- **TASK TO COMPLETE**
Two lines mark the range in the entries below: the one holding "of the log." and the one holding "repository 66da80512eedb865". Set down those two and all lines between them, exactly.

● ● ● ●

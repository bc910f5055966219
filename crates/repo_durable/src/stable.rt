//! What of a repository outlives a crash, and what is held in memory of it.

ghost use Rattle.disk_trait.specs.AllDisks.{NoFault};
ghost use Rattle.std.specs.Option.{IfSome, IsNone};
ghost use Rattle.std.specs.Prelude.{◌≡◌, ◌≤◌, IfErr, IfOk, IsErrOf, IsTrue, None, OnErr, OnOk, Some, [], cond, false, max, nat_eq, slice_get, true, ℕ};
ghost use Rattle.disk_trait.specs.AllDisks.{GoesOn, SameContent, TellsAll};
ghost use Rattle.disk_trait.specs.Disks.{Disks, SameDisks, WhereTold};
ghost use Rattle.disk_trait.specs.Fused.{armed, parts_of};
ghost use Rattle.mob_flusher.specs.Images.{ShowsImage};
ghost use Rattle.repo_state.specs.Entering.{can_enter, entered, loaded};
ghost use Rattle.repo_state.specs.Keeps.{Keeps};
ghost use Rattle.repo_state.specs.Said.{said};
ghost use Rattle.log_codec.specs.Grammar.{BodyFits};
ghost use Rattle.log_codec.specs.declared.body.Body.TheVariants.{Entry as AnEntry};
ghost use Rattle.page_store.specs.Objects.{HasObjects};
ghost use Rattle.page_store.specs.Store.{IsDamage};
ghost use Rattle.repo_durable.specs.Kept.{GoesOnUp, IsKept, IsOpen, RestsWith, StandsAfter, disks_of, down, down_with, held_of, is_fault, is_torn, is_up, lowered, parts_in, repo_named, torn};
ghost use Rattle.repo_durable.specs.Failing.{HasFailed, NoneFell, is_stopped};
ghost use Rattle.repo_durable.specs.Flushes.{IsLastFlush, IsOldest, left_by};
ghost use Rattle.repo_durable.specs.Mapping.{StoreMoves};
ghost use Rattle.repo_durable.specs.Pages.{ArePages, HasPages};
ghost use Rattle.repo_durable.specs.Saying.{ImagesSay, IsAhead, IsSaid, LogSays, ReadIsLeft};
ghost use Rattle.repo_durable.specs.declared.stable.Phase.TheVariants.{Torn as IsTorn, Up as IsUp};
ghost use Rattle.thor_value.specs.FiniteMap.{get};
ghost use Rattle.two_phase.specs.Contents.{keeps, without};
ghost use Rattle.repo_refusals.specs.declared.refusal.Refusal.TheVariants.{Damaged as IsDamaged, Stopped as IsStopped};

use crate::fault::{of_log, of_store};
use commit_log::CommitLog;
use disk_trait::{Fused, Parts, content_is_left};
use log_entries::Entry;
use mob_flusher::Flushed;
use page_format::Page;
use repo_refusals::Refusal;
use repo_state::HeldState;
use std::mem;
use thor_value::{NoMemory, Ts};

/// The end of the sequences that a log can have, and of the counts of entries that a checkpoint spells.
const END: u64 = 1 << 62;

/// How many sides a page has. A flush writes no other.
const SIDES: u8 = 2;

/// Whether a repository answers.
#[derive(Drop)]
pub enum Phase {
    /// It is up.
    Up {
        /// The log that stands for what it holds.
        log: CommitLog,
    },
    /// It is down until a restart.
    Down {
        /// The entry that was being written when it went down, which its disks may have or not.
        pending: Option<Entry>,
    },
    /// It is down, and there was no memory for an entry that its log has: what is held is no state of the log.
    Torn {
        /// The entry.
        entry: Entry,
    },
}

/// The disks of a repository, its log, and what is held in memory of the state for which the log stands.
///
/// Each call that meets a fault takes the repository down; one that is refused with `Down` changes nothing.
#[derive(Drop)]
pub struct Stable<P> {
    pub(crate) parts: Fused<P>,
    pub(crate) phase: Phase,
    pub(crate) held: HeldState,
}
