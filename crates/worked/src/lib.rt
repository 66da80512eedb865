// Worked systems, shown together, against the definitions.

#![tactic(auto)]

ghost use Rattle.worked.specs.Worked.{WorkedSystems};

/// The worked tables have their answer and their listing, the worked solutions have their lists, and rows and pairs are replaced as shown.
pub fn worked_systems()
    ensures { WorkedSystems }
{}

● ● ● ●

- **TASK RESULT**
    /// It is down, and there was no memory for an entry that its log has: what is held is no state of the log.
    Torn {
        /// The entry.
        entry: Entry,
    },
}

/// The disks of a repository, its log, and what is held in memory of the state for which the log stands.
///
/// Each call that meets a fault takes the repository down; one that is refused with `Down` changes nothing.
#[derive(Drop)]
pub struct Stable<P> {
    pub(crate) parts: Fused<P>,
    pub(crate) phase: Phase,
    pub(crate) held: HeldState,
}
filename crates/worked/src/lib.rt
repository 66da80512eedb865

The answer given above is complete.